■ Directions: Give back the material that follows, identical in every line.

■ Input data:
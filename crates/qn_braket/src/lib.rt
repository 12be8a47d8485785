//! Overlap and expectation: chains of tensors, their amplitudes, and the networks whose values these are.
//!
//! Definitions are in `specs/`. Each law is a function with an empty body, whose clause is the law.
#![tactic(auto)]

pub mod brakets;
pub mod chains;
pub mod examples;
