//! What holds of the words of layers, each law as the clause of a function that does nothing.
ghost use Rattle.layer_returns.specs.Examples.{ExamplesComeBack};
ghost use Rattle.layer_returns.specs.Heads.{HeadsComeBack};
ghost use Rattle.layer_returns.specs.Layers.{AreLayersTaken, AreTextsTaken};
ghost use Rattle.layer_returns.specs.Owners.{OwnersSay};
ghost use Rattle.layer_returns.specs.Reached.{ReachedSpecsAreRead};
ghost use Rattle.layer_returns.specs.Texts.{TextsSayTheirLayers};
ghost use Rattle.layer_returns.specs.Theorem.{LayersComeBack};
ghost use Rattle.layer_returns.specs.Trees.{AreTreesRead};
ghost use Rattle.layer_returns.specs.Whole.{SpecsAreTheLayers};

/// The words of the body of a prim or a variant, and those of root prims, make all that stands in them.
pub fn trees_are_taken()
    ensures { AreTreesRead }
{}

/// The words of a layer are taken from the first to the last, and their draft stands where the layer says.
pub fn layers_are_taken()
    ensures { AreLayersTaken }
{}

/// The canonical text of a layer that can be written is read to its end, as the layer that stands there.
pub fn texts_are_taken()
    ensures { AreTextsTaken }
{}

/// A prim or a variant says its spec behind its statements, where the children and variants that it names have specs.
pub fn owners_say_their_specs()
    ensures { OwnersSay }
{}

/// The head of a layer comes back from the layer's text, where the default prim is not among its keys as well.
pub fn heads_come_back()
    ensures { HeadsComeBack }
{}

/// Each spec that is read from a layer's text is the layer's, where all prims and variants that the layer names have specs.
pub fn specs_are_the_layers()
    ensures { SpecsAreTheLayers }
{}

/// The spec at each path that is reached from the root prims of a layer is read from the layer's text.
pub fn reached_specs_are_read()
    ensures { ReachedSpecsAreRead }
{}

/// Reading the canonical text of a layer gives that layer back.
pub fn layers_come_back()
    ensures { LayersComeBack }
{}

/// A layer whose parts come back.
pub fn examples_come_back()
    ensures { ExamplesComeBack }
{}

/// The canonical text of a layer is a text that says the layer, where its bytes pass the checks before the first word.
pub fn texts_say_their_layers()
    ensures { TextsSayTheirLayers }
{}
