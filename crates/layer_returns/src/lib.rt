//! Reading the canonical text of a layer gives that layer back.
//!
//! `specs/Trees.antt` says where a draft stands behind the statements of a prim with all that stands below it, and
//! `specs/Layers.antt` where it stands behind a whole layer; `specs/Theorem.antt` has the theorem. Each law is the clause
//! of a function that does nothing.
#![tactic(auto)]

mod laws;

pub use laws::{
    examples_come_back, heads_come_back, layers_are_taken, layers_come_back,
    owners_say_their_specs, reached_specs_are_read, specs_are_the_layers, texts_are_taken,
    texts_say_their_layers, trees_are_taken,
};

■ Solution to the problem:
filename crates/qn_braket/src/lib.rt
repository 12be8a47d8485785
//! Overlap and expectation: chains of tensors, their amplitudes, and the networks whose values these are.
//!
//! Definitions are in `specs/`. Each law is a function with an empty body, whose clause is the law.
#![tactic(auto)]

pub mod brakets;
pub mod chains;
pub mod examples;
//! What holds of the words of layers, each law as the clause of a function that does nothing.
ghost use Rattle.layer_returns.specs.Examples.{ExamplesComeBack};
ghost use Rattle.layer_returns.specs.Heads.{HeadsComeBack};
ghost use Rattle.layer_returns.specs.Layers.{AreLayersTaken, AreTextsTaken};
ghost use Rattle.layer_returns.specs.Owners.{OwnersSay};
ghost use Rattle.layer_returns.specs.Reached.{ReachedSpecsAreRead};
ghost use Rattle.layer_returns.specs.Texts.{TextsSayTheirLayers};
ghost use Rattle.layer_returns.specs.Theorem.{LayersComeBack};
ghost use Rattle.layer_returns.specs.Trees.{AreTreesRead};
ghost use Rattle.layer_returns.specs.Whole.{SpecsAreTheLayers};

/// The words of the body of a prim or a variant, and those of root prims, make all that stands in them.
pub fn trees_are_taken()
    ensures { AreTreesRead }
{}

/// The words of a layer are taken from the first to the last, and their draft stands where the layer says.
pub fn layers_are_taken()
    ensures { AreLayersTaken }
{}

/// The canonical text of a layer that can be written is read to its end, as the layer that stands there.
pub fn texts_are_taken()
    ensures { AreTextsTaken }
{}

/// A prim or a variant says its spec behind its statements, where the children and variants that it names have specs.
pub fn owners_say_their_specs()
    ensures { OwnersSay }
{}

/// The head of a layer comes back from the layer's text, where the default prim is not among its keys as well.
pub fn heads_come_back()
    ensures { HeadsComeBack }
{}

/// Each spec that is read from a layer's text is the layer's, where all prims and variants that the layer names have specs.
pub fn specs_are_the_layers()
    ensures { SpecsAreTheLayers }
{}

/// The spec at each path that is reached from the root prims of a layer is read from the layer's text.
pub fn reached_specs_are_read()
    ensures { ReachedSpecsAreRead }
{}

/// Reading the canonical text of a layer gives that layer back.
pub fn layers_come_back()
    ensures { LayersComeBack }
{}

/// A layer whose parts come back.
pub fn examples_come_back()
    ensures { ExamplesComeBack }
{}

/// The canonical text of a layer is a text that says the layer, where its bytes pass the checks before the first word.
pub fn texts_say_their_layers()
    ensures { TextsSayTheirLayers }
{}
filename crates/layer_returns/src/lib.rt
//! Reading the canonical text of a layer gives that layer back.
//!
//! `specs/Trees.antt` says where a draft stands behind the statements of a prim with all that stands below it, and
//! `specs/Layers.antt` where it stands behind a whole layer; `specs/Theorem.antt` has the theorem. Each law is the clause
//! of a function that does nothing.
#![tactic(auto)]

mod laws;

pub use laws::{
    examples_come_back, heads_come_back, layers_are_taken, layers_come_back,
    owners_say_their_specs, reached_specs_are_read, specs_are_the_layers, texts_are_taken,
    texts_say_their_layers, trees_are_taken,
};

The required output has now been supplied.